The DJ isn't really a DJ: she's a Colombian composer and programmer called Alexandra
Cárdenas. She has no decks. Instead, she's working on a laptop. A projection behind
shows about 20 lines of code, which she is toying with, stripping some away, modifying
the parameters of others. The minimal techno starts piling up, reversing on itself.
Complex rhythms emerge, fall away, then come back stronger, energising the crowd.
Cárdenas is completely lost in the music. This is an "algorave", where humans dance to
algorithms.
This is Cárdenas's first algorave; she only heard the term in September last year, at a
music coding festival in Mexico City, where she lives. "It was very rhythmical -- it was the
first time I wanted to dance to a live code session," she says. But the 37-year-old
composer says the scene is growing. "It's becoming a movement. I know we are small
now, but I see it growing so strong and fast. It's a point where technology, geek stuff and
this hacker philosophy come together with clubbing."

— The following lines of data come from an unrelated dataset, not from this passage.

impl<'k, 'a> Requests<'k, 'a> {
    /// Works out what requests are counted by, from what shows at once and what bodies call.
    fn new(
        alloc: Global,
        shown: Shown<'k, 'a>,
        index: &'k Index<'a>,
    ) -> Result<Requests<'k, 'a>, NoMemory>
        requires indexed { IsIndex index.now }
        requires shown { AreShown shown }
        requires same { shown.starts.links.now.design.now ≡ index.now.design.now }
        ensures same { IfOk result (λ r. r.shown.starts.links.now.design.now ≡ shown.entry.starts.links.now.design.now) }
        ensures right { IfOk result AreRight }
    {
        let calls = index.calls.as_slice();
        let bodies = table_of(alloc, calls)?;
        let callers = Callers::of_bodies(alloc, calls)?;
        let back = shown.starts.turned(alloc, calls)?;
        let ops = ops_of(alloc, index.objects.as_slice())?;
        let depth = ops.len();
        Ok(Requests {
            shown,
            bodies,
            callers,
            back,
            depth,
        })
    }

    /// The threads that reach an object, which stands at this place, in order.
    fn reachers_of(
        &self,
        alloc: Global,
        name: &Name,
        place: usize,
    ) -> Result<Vec<Reacher<'a>>, NoMemory>
        requires right { AreRight self.now }
        requires at { spot_in self.now.shown.starts.spots (Thread name.now) ≡ Some place }
        ensures { IfOk result (λ v. map reacher_of v.items
            ≡ filter (λ o. reaches (design_of self.now.shown.starts.links.now.design.now) o name.now)
            (thread_objects (design_of self.now.shown.starts.links.now.design.now))) }
    {
        let target = [place];
        let leading = self.back.reached(alloc, &target)?;
        reachers_by(
            alloc,
            &self.shown.starts,
            name,
            leading.as_slice(),
            self.shown.threads.as_slice(),
        )
    }

    /// The number of sources of an object that is sporadic, by the threads that reach it.
    #[tactic(auto, using(ods_index::proofs::Shared::WalkSteps::node_steps))]
    fn source_count(&self, node: &Node, reachers: &[Reacher<'a>]) -> u32
        requires right { AreRight self.now }
        requires sporadic { is_sporadic (object_of node.now).kind ≡ true }
        requires all { map reacher_of reachers.now
            ≡ filter (λ o. reaches (design_of self.now.shown.starts.links.now.design.now) o (object_of node.now).name)
            (thread_objects (design_of self.now.shown.starts.links.now.design.now)) }
        ensures { result ≡ source_count (design_of self.now.shown.starts.links.now.design.now) (object_of node.now) }
    {
        let inside = reachers.len();
        let outside = outside_count(node);
        sum_of(inside, outside)
    }

    /// The most requests of an object by one of these threads on one path, told as 2 where there are more.
    fn start_count_by(
        &self,
        alloc: Global,
        name: &Name,
        reachers: &[Reacher<'a>],
    ) -> Result<u32, NoMemory>
        requires { AreRight self.now }
        ensures { IfOk result (λ n. n
            ≡ min 2 (fold max 0 (map (requests_by (design_of self.now.shown.starts.links.now.design.now) name.now)
            (map reacher_of reachers.entry.now)))) }
    {
        let links = self.shown.starts.links;
        let known = counts_within(alloc, links, &self.callers, &self.bodies, self.depth, name)?;
        most_requests(alloc, links, name, &known, reachers)
    }

    /// Tells an object that is sporadic, stands at this place and whose sources are wrong, by counting them.
    #[tactic(auto, using(ods_index::proofs::Shared::WalkSteps::node_steps))]
    fn counted_fits(&self, alloc: Global, node: &Node, place: usize) -> Result<(), Broken>
        requires right { AreRight self.now }
        requires at { spot_in self.now.shown.starts.spots (Thread (object_of node.now).name) ≡ Some place }
        requires sporadic { is_sporadic (object_of node.now).kind ≡ true }
        ensures { Tells result (source_fault (design_of self.now.shown.starts.links.now.design.now) (object_of node.now)) }
    {
        let reachers = self.reachers_of(alloc, &node.name, place)?;
        let sources = self.source_count(node, reachers.as_slice());
        let starts = self.start_count_by(alloc, &node.name, reachers.as_slice())?;
        counts_fit(alloc, node, sources, starts)
    }

    /// Tells an object whose sources are wrong.
    #[tactic(auto, using(ods_index::proofs::Shared::WalkSteps::node_steps))]
    fn target_fits(&self, alloc: Global, node: &Node) -> Result<(), Broken>
        requires right { AreRight self.now }
        requires stands { is_some (spot_in self.now.shown.starts.spots (Thread (object_of node.now).name)) ≡ true }
        ensures { Tells result (source_fault (design_of self.now.shown.starts.links.now.design.now) (object_of node.now)) }
    {
        if !is_sporadic(node.kind) {
            return Ok(());
        }
        if self.shown.is_fine(node) {
            return Ok(());
        }
        match self.shown.starts.spots.thread(&node.name) {
            None => Ok(()),
            Some(place) => self.counted_fits(alloc, node, place),
        }
    }

    /// Tells the first object of these whose sources are wrong.
    #[tactic(auto, using(ods_index::proofs::Shared::TellSteps::tell_steps))]
    fn targets_fit(&self, alloc: Global, threads: &[&'a Node]) -> Result<(), Broken>
        requires right { AreRight self.now }
        requires all { map thread_of threads.now ≡ thread_objects (design_of self.now.shown.starts.links.now.design.now) }
        ensures { Tells result
            (head_of (filter_map (source_fault (design_of self.now.shown.starts.links.now.design.now)) (map thread_of threads.now))) }
    {
        'threads: for thread in threads {
            self.target_fits(alloc, thread)?;
        }
        Ok(())
    }
}
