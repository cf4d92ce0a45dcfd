ghost use Rattle.seq_tree.specs.Lists.{Each};
ghost use Rattle.seq_tree.specs.Trees.{block_of};
ghost use Rattle.std.specs.Prelude.{◌≡◌, ◌≤◌, ℕ, ◌+◌, ◌++◌, ◌&&◌, IfOk, List, OnOk, None, Some, false, is_some, true};
ghost use Rattle.std.specs.Prelude.{nat_le, option_map, option_to_list};
ghost use Rattle.seq_tree.specs.Variables.{entered};
ghost use Rattle.ada_tree.specs.Programs.{Program};
ghost use Rattle.ada_tree.specs.Trees.{program_of};
ghost use Rattle.law_walks.specs.Fit.{MayRun};
ghost use Rattle.seq_eval.specs.Bounds.{most_ticks};
ghost use Rattle.guarantee.specs.Events.{named_event};
ghost use Rattle.guarantee.specs.Software.{Task, leads_to};
ghost use Rattle.trace_tree.specs.declared.event.Event as machine;
ghost use Rattle.trace_tree.specs.Placed.{IsPlaced};
ghost use Rattle.law_traces.specs.Progress.{Active, again_by, all_shown, course_from, ends_by, left_by_course, with_last};
ghost use Rattle.trace_scripts.specs.Objects.{charge_of};
ghost use Rattle.trace_scripts.specs.Scripts.{IsAt, action_at};
ghost use Rattle.trace_scripts.specs.Scenes.{IsScene, calls_of, program_in, software_of};
ghost use Rattle.trace_scripts.specs.Threads.{IsOf, after_event, charged_by, course_of, entered_if, finished_if, is_at_horizon, left_if};
ghost use Rattle.trace_scripts.specs.Threads.{progress_of, released_in, seen_if, step_by, times_of};
ghost use Rattle.seq_tree.specs.Limits.{tick_limit};

use crate::data::{add_all, add_params, keep};
use crate::scripts::Script;
use crate::services::Charge;
use crate::walks::{Scene, Walked};
use ada_tree::AdaProgram;
use seq_eval::Env;
use seq_tree::{Block, Datum, NoMemory, Param};
use std::alloc::Global;
use trace_read::Events;
use trace_tree::Event;

/// The parameters that a release hands to a thread, its data and its block.
#[derive(Clone, Copy, Drop)]
pub(crate) struct Thread<'a> {
    pub params: &'a [Param],
    pub vars: &'a [Datum],
    pub block: &'a Block,
}

/// An activation so far: its release, how many operations the thread is inside, the script of what it did outside of them before an end that
/// came last, the time of that end and the ticks that it says were used, and the ticks of the operations that it entered, where all their
/// objects are served.
#[derive(Drop)]
pub(crate) struct Course {
    pub time: u64,
    pub value: Option<u32>,
    pub depth: u64,
    pub script: Script,
    pub end: Option<(u64, u64)>,
    pub among: bool,
    pub low: u128,
    pub high: u128,
}

/// A sum of ticks. There are never so many events that it doesn't fit.
fn plus(a: u128, b: u64) -> Result<u128, NoMemory>
    ensures { IfOk result (λ c. c ≡ a + b) }
{
    a.checked_add(u128::from(b)).ok_or(NoMemory)
}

In London, the music veers between the sublime and the cacophonic; at the end, one
audience member -- and she's entirely serious -- shouts: "Play something good!" Algorave
is messy, but that's partly the point: these are not the pristine algorithms that fetch your
search results on Google; they're built live, for a crowd. As the algorave site says: "It's up
to the good people on the dancefloor to help the musicians make sense of this and do the
real creative work in making a great party."